Quelques touchers par-ci, par-là. Pas vraiment belle. Chatte. A mi-parcours. Cette fois, l'endroit est vraiment vide. Plus que nous. Ce n'est pas un hasard si la porte du réduit est restée ouverte. Elle est là. Elle sait qu'il n'y a plus que nous ici. Elle sort à demi, jette un regard furtif alentour, et m'attire par la main à l'intérieur.
La porte est verrouillée. Ma tête est saisie à deux mains, ma bouche explorée avec appétit. Une petite langue pointue et fougueuse qui fouille, sort, lèche mes lèvres. Salive délicieuse. J'enserre son buste rebondi. Mes mains sont passées sous le vêtement. Je m'en empare, les remonte, serre. Deux ogives qui se dressent alors. Les gros mamelons se dressent. Un bref râle de satisfaction qu'elle ne peut retenir. Trop longtemps négligée.
Je dois attendre. Elle a envie de pisser. Assise dans les toilettes du fond, elle laisse ouvert à ma demande. Elle a un regard troublant, empli de la surprise de se voir capable de ça. C'est long, puissant et sonore. Je bande. Elle m'attire brusquement et descend mon pantalon, s'empare du membre. Troussée sur la cuvette, les cuisses grandes ouvertes, elle se regarde uriner en me faisant durcir. Ses reins se cambrent de façon salace et cela me fait bouillir. Elle sent la tension dans ma queue, me branle méticuleusement. Je sens un doigt planté dans mon cul. Elle fait délicatement aller et venir sa fine phalange. Je sursaute et gémis. Ma verge fait un bond. Elle a fini de vider sa vessie. Je l'essuie et nous sortons de la petite pièce. Sa culotte est oubliée parterre.
Je l'ai plaquée contre le mur, toujours troussée et sa poitrine écrasée sur la paroi. Elle me tend la belle découpe de son corps qui va des épaules à la croupe. Elle veut que je me branle sur son cul. Je me colle à elle. Le mandrin coulisse entre les fesses généreuses en y laissant une trace luisante. Elle se met à mon diapason, oscille du cul avec moi. Compliments et demandes obscènes. Je vois sa main se glisser entre ses cuisses.

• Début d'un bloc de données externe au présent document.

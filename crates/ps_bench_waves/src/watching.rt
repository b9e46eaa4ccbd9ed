// The loop over the scans of a trace that are watched.

ghost use Rattle.std.specs.Prelude.{◌≡◌, ◌≤◌, ℕ, List, IsTrue, Some};
ghost use Rattle.ps_bench_names.specs.declared.name.Name.{Name};
ghost use Rattle.ps_model.specs.Network.{input_count};
ghost use Rattle.ps_runs.specs.Cutting.{TellsFailures};
ghost use Rattle.ps_runs.specs.Performing.{IsStruckWorldFor};
ghost use Rattle.ps_runs.specs.Running.{Fits};
ghost use Rattle.ps_runs.specs.Watching.{IsWatchedFor};
ghost use Rattle.ps_trace.specs.Reading.{IsReadingTrace, file_of, input_count_of, items_left, last_of};
ghost use Rattle.ps_bench_waves.specs.Watched.{IsBegun, WritesWatched};
ghost use Rattle.ps_bench_waves.specs.Watcher.{IsWatcherFor};
ghost use Rattle.ps_bench_waves.specs.declared.format.Format.{Format};

use crate::watcher::Watcher;
use ps_model::App;
use ps_outside::{Files, Sink};
use ps_runs::{Cut, Runner, StruckWorld, Watched, do_items};
use ps_trace::TraceReader;

/// Does the items of a trace that are left, and writes what is watched of them. It takes no memory, and what it keeps
/// does not grow with the scans.
///
/// `Refused` comes where a line of the trace is refused, `Unread` where a read of the trace's file failed, and
/// `Unwritten` where a write failed.
pub fn watch_items<F: Files, S: Sink>(
    app: &App,
    trace: &mut TraceReader,
    runner: &mut Runner<Watched<StruckWorld>, Watcher>,
    files: &mut F,
    out: &mut S,
) -> Result<(), Cut>
    requires fits { Fits (IsWatchedFor IsStruckWorldFor app.now) (IsWatcherFor app.now) app.now runner.old }
    requires due { runner.old.performer.performer.world.state.last ≤ last_of trace.old }
    requires inputs { input_count_of trace.old ≡ input_count app.now }
    ensures watches { IsTrue (F.tells files.old) → (text : List ℕ) →
        F.held files.old (file_of trace.old) ≡ Some text → IsReadingTrace trace.old text →
        (format : Format) (names : List Name) → IsBegun app.now format names runner.old.performer runner.old.taker →
        WritesWatched app.now format names runner.old.performer.performer (items_left trace.old text)
        (S.tells out.old) (S.taken out.old) (S.taken out.new) result }
    ensures failures { TellsFailures (file_of trace.old) (F.faults files.old) (F.faults files.new)
        (S.faults out.old) (S.faults out.new) result }
    ensures kept { F.held files.new ≡ F.held files.old }
    ensures files_telling { F.tells files.new ≡ F.tells files.old }
    ensures telling { S.tells out.new ≡ S.tells out.old }
{
    app.sound();
    do_items(app, trace, runner, files, out)
}
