// What marks the next scan of a run.

ghost use Rattle.std.specs.Prelude.{◌≡◌};
ghost use Rattle.ps_bench_waves.specs.Marks.{behind_restart, behind_scan, unmarked};

/// What marks the next scan of a run.
#[derive(Clone, Copy)]
pub struct Marks {
    /// There is no scan before it since the beginning or a restart.
    pub is_first: bool,
    /// It is the first one after a restart.
    pub is_restarted: bool,
}

impl Marks {
    /// Before the first scan.
    pub fn unmarked() -> Marks
        ensures { result ≡ unmarked }
    {
        Marks {
            is_first: true,
            is_restarted: false,
        }
    }

    /// After a scan.
    pub fn behind_scan() -> Marks
        ensures { result ≡ behind_scan }
    {
        Marks {
            is_first: false,
            is_restarted: false,
        }
    }

    /// After a restart.
    pub fn behind_restart() -> Marks
        ensures { result ≡ behind_restart }
    {
        Marks {
            is_first: true,
            is_restarted: true,
        }
    }
}
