// A value that is watched, from one scan to the next.

ghost use Rattle.std.specs.Prelude.{◌≡◌, ◌==◌, false};
ghost use Rattle.std.specs.Option.{option_map_or};
ghost use Rattle.ps_bench_waves.specs.Fields.{in_next};

/// A value that is watched, with the one after the scan before.
#[derive(Clone, Copy)]
pub struct Field {
    /// Its value after the scan before, if there was one since the beginning or a restart.
    pub before: Option<u16>,
    /// Its value in the last scan; anything before the first one.
    pub value: u16,
}

impl Field {
    /// A field before the first scan.
    pub fn new() -> Field {
        Field {
            before: None,
            value: 0,
        }
    }

    /// The same in the next scan, which is or is not a first one, and in which it has this value.
    pub fn in_next(self, is_first: bool, value: u16) -> Field
        ensures { result ≡ in_next is_first value self }
    {
        let before = if is_first { None } else { Some(self.value) };
        Field { before, value }
    }

    /// Whether the value stayed as it was after the scan before.
    pub fn stays(self) -> bool
        ensures { result ≡ option_map_or (λ before. before == self.value) self.before false }
    {
        match self.before {
            Some(before) => before == self.value,
            None => false,
        }
    }
}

Elle se masturbe éhontément devant moi, la petite ménagère. Elle m'abreuve des mots du rut, braille qu'elle jouit, que je ne dois pas m'arrêter. Je retire sa main de son con pour en lécher chaque doigt trempé. Je goûte le poivre de ses quarante ans. Puis elle retourne se fourrager. Ma bite coulisse plus bas, entre les cuisses, le long de sa fente en pâmoison. Ses doigts s'agitent sous le gland, m'enduisent la hampe de jus.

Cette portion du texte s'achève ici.